# galaxy Nexus 2



## sid8911 (Dec 19, 2011)

Lets start a new topic about a phone that should come out 2013-2014.
*reply with your reasonable specs and other features.*
*Here are my specs:*​
*2 ghz dual core processor *​*2gb of RAM
12 MP Camera
2 or 4 MP Front Facing Camera
2160 mAh battery
4.65" Super Amoled Plus Display
SD card slot*​*LTE connectivity
Jellybean 4.1
Beats Audio
already unlocked bootloader
truly a developer phone*​*Global phone
should google go back to htc or Samsung you decide.

that should be enough to be called the phone of year!*​


----------



## Adelos (Aug 10, 2011)

If you want those specs you better hope for Samsung.

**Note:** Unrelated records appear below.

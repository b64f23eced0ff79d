//! Adding changes to the files of a publication.

ghost use Rattle.std.specs.Prelude.{◌≡◌, ◌≢◌, ◌⊎◌, ◌<◌, ℕ, Err, IfErr, IfOk, List, length};
ghost use Rattle.osm_keys.specs.Publications.{Publication};
ghost use Rattle.pack_files.specs.Joined.{joined};
ghost use Rattle.pack_update.specs.Adding.{HasFurther, HasSecondPreimage, IsAddedOf, IsNextBy, IsRootOf};
ghost use Rattle.pack_update.specs.Faults.{HasBegun, IsAddReason, IsNoManifest};
ghost use Rattle.pack_update.specs.Files.{AreFilesOf};
ghost use Rattle.pack_update.specs.declared.fault.AddFault.TheVariants.{NoManifest, Write};

use crate::added::Added;
use crate::fault::AddFault;
use crate::places::known_places;
use crate::plan::plan_changes;
use crate::readers::Readers;
use crate::rebuild::rebuild_trees;
use node_pack::{Place, ReadAt, WriteFault, write_further};
use opl_codec::Change;
use pack_files::{fewer_law, further_law};
use std::alloc::Global;
use std::io::Write;
use tree_node::Digest;

/// Makes of the publication whose nodes files have the next one, by these changes, and writes the file with the nodes that are new.
/// The files are read as one; the root is that of the publication, and the place that of its manifest. The new file comes after
/// the others, so its number is how many they are.
///
/// Nothing that the first two readers give is trusted: each node is digested before it is taken. The third one tells where old nodes
/// stand. If it is wrong so is the new file, and those who read that find out, since they digest each node too.
///
/// Refused with `Source` where a node isn't given that is needed, with `NoManifest` where that of the root is no manifest, and with
/// `NoTree` where what is under it is no tree; with `Apply` as [`UpdatePlan::new`](osm_index::UpdatePlan::new) refuses the changes;
/// and with `Write` as [`write_further`] refuses the new nodes. Nothing is written then, except where the writer fails.
pub fn add_changes<F: ReadAt + Drop, W: Write>(
    alloc: Global,
    files: Readers<F>,
    number: u16,
    root: &Digest,
    manifest: Place,
    changes: &[Change],
    writer: &mut W,
) -> Result<Added, AddFault>
    requires number { number < 65535 }
    // Under the root of a publication the changes make another one of it, whatever the files hold, and its root is told, unless
    // one of its nodes and another byte string have one digest.
    ensures safe { (p : Publication) → IsRootOf p root.now.0
        → IfOk result (λ added. (q : Publication) × IsNextBy p changes.now q × IsAddedOf q added)
        ⊎ HasSecondPreimage p }
    // If the third reader reads files that have its nodes, they and the new file have those of the other one.
    ensures whole { (p : Publication) (contents : List (List ℕ)) → IsRootOf p root.now.0
        → F.reads files.places (joined contents) → AreFilesOf contents p manifest
        → length contents ≡ number
        → IfOk result (λ added. (q : Publication) × IsNextBy p changes.now q × IsAddedOf q added
        × HasFurther contents q added (W.contents writer.old) (W.contents writer.new))
        ⊎ HasSecondPreimage p }
    // Under the root of a publication each refusal has its reason, with the same exception,
    ensures refused { (p : Publication) → IsRootOf p root.now.0
        → IfErr result (IsAddReason p changes.now number) ⊎ HasSecondPreimage p }
    // and where no manifest is told, another byte string has the root.
    ensures no_manifest { result ≡ Err NoManifest → IsNoManifest root.now.0 }
    // Where the writer fails, no more than a beginning of a file is written, and nothing where another thing is at fault.
    ensures begun { result ≡ Err (Write WriteFault.NotWritten)
        → HasBegun number (W.contents writer.old) (W.contents writer.new) }
    ensures untouched { IfErr result
        (λ fault. fault ≢ Write WriteFault.NotWritten → writer.new ≡ writer.old) }
{
    let planned = plan_changes(alloc, files.plan, root, manifest, changes)?;
    let update = rebuild_trees(alloc, files.rebuild, root, manifest, &planned)?;
    let nodes = update.nodes.as_slice();
    let known = known_places(alloc, files.places, root, manifest, update.gone.as_slice())?;
    let header = write_further(alloc, number, &update.root, nodes, &known, writer)?;
    further_law();
    fewer_law();
    Ok(Added {
        manifest: update.manifest,
        header,
    })
}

Sent from my Galaxy Nexus using Tapatalk


----------



## TYPE M GTS-t (Aug 24, 2011)

It'll be quad core. with either jellybean or whatever is coming after that.


----------



## nklenchik (Dec 1, 2011)

Google comes out with a new Nexus each year, just like Apple does with their flagship phone.

My realistic guess:
Released December 2012 on 4.1 Jellybean

1.5 ghz quad core
2 GB of RAM
4.65-5 in 1080p display screen
Contour display
Thinner bezel 
No micro SD (that's just Google)
2,500-3,000 mah battery
12 MP camera
2 MP front facing camera
On screen keys
4G LTE


----------



## thekylebrody (Oct 13, 2011)

Why 2013-2014? The galaxy nexus was released Nov-Dec 2011. So why not Nov-Dec this year?

And that spec list isn't very reasonable also seeing that google took the VZW Nexus off of there support page. This will more than likely be the only nexus that verizon gets.

My guesses for specs would be a slight bump in dual core (1.75ghz) or possibly quad core (1.2-1.5ghz). An updated 8mp-10mp rear camera, either the same or slightly updated front facing camera. 2100mah battery, no removable storage I would guess. Super amoled HD+ display. That's the best bet if things head in a guess-able direction.

Sent from my Galaxy Nexus using Tapatalk


----------



## altimax98 (Jul 14, 2011)

I believe apple is going to come out with one model for both GSM and CDMA. I wouldn't be surprised to see the next Nexus be a multi band phone. I also do nor expect quad core. The new powerhouse is Sammy's dual core. Remember more cores doesnt equal better performance. Especially when the OS doesn't fully support it. I want to see a 500mhz + GPU and more ram.

Sent from my CM9 TouchPad


----------



## disabled account (Nov 6, 2011)

altimax98 said:


> I believe apple is going to come out with one model for both GSM and CDMA. I wouldn't be surprised to see the next Nexus be a multi band phone. I also do nor expect quad core. The new powerhouse is Sammy's dual core. Remember more cores doesnt equal better performance. Especially when the OS doesn't fully support it. I want to see a 500mhz + GPU and more ram.
> 
> Sent from my CM9 TouchPad


I thought the exynos chips were samsungs? I don't see them being used much of anywhere . Which is why Verizon forced the omap as the ics processor. That's not samsungs work.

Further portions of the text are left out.